Despite Apple’s insistence that the 7-inch form factor doesn’t make sense for tablets like the iPad, companies like Archos have been making them for some time with modest success. Acer’s arrival into the game is mostly one of timing, since Android Honeycomb 3.2 is ready-made for the smaller display size and the Iconia Tab A100 can boast about being first out of the gate.

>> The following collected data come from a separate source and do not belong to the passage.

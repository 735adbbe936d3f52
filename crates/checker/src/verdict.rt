// The faults of letter pairs, in the order of their checks: 14, 15 and 16.
ghost use Rattle.std.specs.Prelude.{◌≡◌};
ghost use Rattle.board.specs.Fewest.{fewest};
ghost use Rattle.board.specs.Refusal.{reply_of};
ghost use Rattle.checker.specs.Answer.{letters_check};

use crate::letters::only_letters;
use crate::walking::{Walked, walk};
use board::Refusal;
use plan::Task;

// The first fault of letter pairs between two positions so many moves apart, in one pass: the walk reads the letters up to the first pair
// that is no legal move, and from there on they are only asked for being letters.
pub fn letters_verdict(task: &Task, shortest: u64, letters: &[u8]) -> Result<(), Refusal>
    requires { shortest ≡ fewest task.now.start.now task.now.goal.now }
    ensures { reply_of result ≡ letters_check task.now.start.now task.now.goal.now letters.now }
{
    if letters.len() % 2 == 1 {
        return Err(Refusal::NotLetterPairs);
    }
    let Walked { made, there } = walk(task, letters);
    if made < letters.len() / 2 {
        let read = 2 * made;
        if only_letters(&letters[read..]) {
            Err(Refusal::IllegalMove)
        } else {
            Err(Refusal::NotLetterPairs)
        }
    } else if shortest == made as u64 && there {
        Ok(())
    } else {
        Err(Refusal::NotShortest)
    }
}
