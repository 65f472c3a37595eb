//! What a machine of C's does at a call.

ghost use Rattle.std.specs.Prelude.{◌≡◌, ◌<◌, ◌*◌, ◌^◌, length, nat_lt, Some};
ghost use Rattle.xe_base.specs.Access.{answers_to, is_msr};
ghost use Rattle.xe_base.specs.Reset.{reset_state};
ghost use Rattle.xe_base.specs.State.{broken};
ghost use Rattle.xe_base.specs.Ram.{bytes_of};
ghost use Rattle.xe_base.specs.declared.access.Access.{Access};
ghost use Rattle.xe_ctx.specs.Machine.{state_of, first_hole};
ghost use Rattle.x86emu_c.specs.Emulated.{seen, fresh, cpu_status, if_idle, with_cpu, hole_status, with_bytes, answer_status, posting, abandoned};

use crate::emulator::Emulator;
use crate::mailbox::Mailbox;
use crate::status::{ANSWERED, AWAITING, BAD_ANSWER, BAD_CPU, NOT_ASKED, NOT_RAM, OK};
use xe_base::{Access, Answer, Cpu, Space};
use xe_ctx::{Machine, Record, Report};
use xe_icpt::SvmSet;
use xe_mem::GuestMem;

impl Emulator {
    /// A machine with this RAM and the registers of a reset, that intercepts nothing.
    pub(crate) fn new(ram: GuestMem) -> Emulator
        ensures { seen result ≡ fresh ram }
    {
        let machine = machine_with(ram);
        let draft = *machine.cpu();
        Emulator {
            machine,
            draft,
            suspended: Record::new(),
            intercepts: SvmSet::new(),
            mailbox: Mailbox::new(),
            report: Report::new(),
        }
    }

    /// Sets all registers, where none is broken and no access awaits its answer.
    pub(crate) fn set_cpu(&mut self, cpu: Cpu) -> u32
        ensures status { result ≡ if_idle (seen self.old).kept.asked (cpu_status (broken cpu)) }
        ensures set { result ≡ 0 → seen self.new ≡ with_cpu (seen self.old) cpu }
        ensures stays { 0 < result → seen self.new ≡ seen self.old }
    {
        if self.suspended.asked().is_some() {
            return AWAITING;
        }
        match self.machine.set_cpu(cpu) {
            Ok(()) => {
                self.draft = cpu;
                OK
            }
            Err(_) => BAD_CPU,
        }
    }

    /// Reads guest memory; where a byte isn't RAM, `out` stays as it was.
    pub(crate) fn read(&self, pa: u64, out: &mut [u8]) -> u32
        ensures status { result ≡ hole_status (first_hole (seen self.now).state.ram pa (length out.old)) }
        ensures read { result ≡ 0 → out.new ≡ bytes_of (seen self.now).state.ram pa (length out.old) }
        ensures stays { 0 < result → out.new ≡ out.old }
    {
        match self.machine.peek(pa, out) {
            Ok(()) => OK,
            Err(_) => NOT_RAM,
        }
    }

    /// Writes guest memory; where a byte isn't RAM, nothing changes.
    pub(crate) fn write(&mut self, pa: u64, bytes: &[u8]) -> u32
        ensures status { result ≡ hole_status (first_hole (seen self.old).state.ram pa (length bytes.now)) }
        ensures written { result ≡ 0 → seen self.new ≡ with_bytes (seen self.old) pa bytes.now }
        ensures stays { 0 < result → seen self.new ≡ seen self.old }
    {
        match self.machine.poke(pa, bytes) {
            Ok(()) => OK,
            Err(_) => NOT_RAM,
        }
    }

    /// Takes the answer to the access that awaits one.
    pub(crate) fn answer(&mut self, answer: Answer) -> u32
        ensures status { result ≡ answer_status (seen self.old).kept.asked (seen self.old).posted answer }
        ensures posted { (a : Access) → result ≡ 0 → (seen self.old).kept.asked ≡ Some a → seen self.new ≡ posting (seen self.old) a answer }
        ensures stays { 0 < result → seen self.new ≡ seen self.old }
    {
        let Some(asked) = self.suspended.asked() else {
            return NOT_ASKED;
        };
        if self.mailbox.post.is_some() {
            return ANSWERED;
        }
        if !is_answer_to(asked, answer) {
            return BAD_ANSWER;
        }
        self.mailbox.put(asked, answer);
        OK
    }

    /// Gives a suspended step up, with the answers that it has.
    pub(crate) fn abandon(&mut self)
        ensures { seen self.new ≡ abandoned (seen self.old) }
    {
        self.suspended.abandon();
        self.mailbox.clear();
    }
}

/// A machine with the registers of a reset, which are a valid state.
fn machine_with(ram: GuestMem) -> Machine
    ensures { state_of result ≡ record { cpu = reset_state; ram = ram } }
{
    match Machine::new(ram, Cpu::reset()) {
        Ok(machine) => machine,
        Err(_) => unreachable!(),
    }
}

/// Whether an access can have this answer.
fn is_answer_to(a: Access, answer: Answer) -> bool
    ensures { result ≡ answers_to a answer }
{
    match answer {
        Answer::Val(value) => fits(value, a.size),
        Answer::No => is_msr(a.space),
    }
}

/// Whether a value has at most so many bytes.
fn fits(value: u64, size: u8) -> bool
    ensures { result ≡ nat_lt value (2 ^ (8 * size)) }
{
    if size >= 8 {
        return true;
    }
    value >> (8 * u32::from(size)) == 0
}

/// Only model-specific registers answer that there is none.
fn is_msr(space: Space) -> bool
    ensures { result ≡ is_msr space }
{
    match space {
        Space::Msr => true,
        Space::Mem | Space::Port | Space::Cpuid => false,
    }
}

Weighing just a bit under one pound, the Acer Iconia Tab A100 includes a micro USB and micro HDMI port, as well as the ability to take MicroSD cards up to 32GB, just like its 10.1-inch brother. The smaller tablet is still packing a NVIDIA Tegra 2 dual-core processor and 1GB of RAM, supports media streaming through Acer’s clear.fi service for DLNA-compatible devices and features a five megapixel camera on the back. The Acer Iconia Tab A100 is on sale now at retailers across the country.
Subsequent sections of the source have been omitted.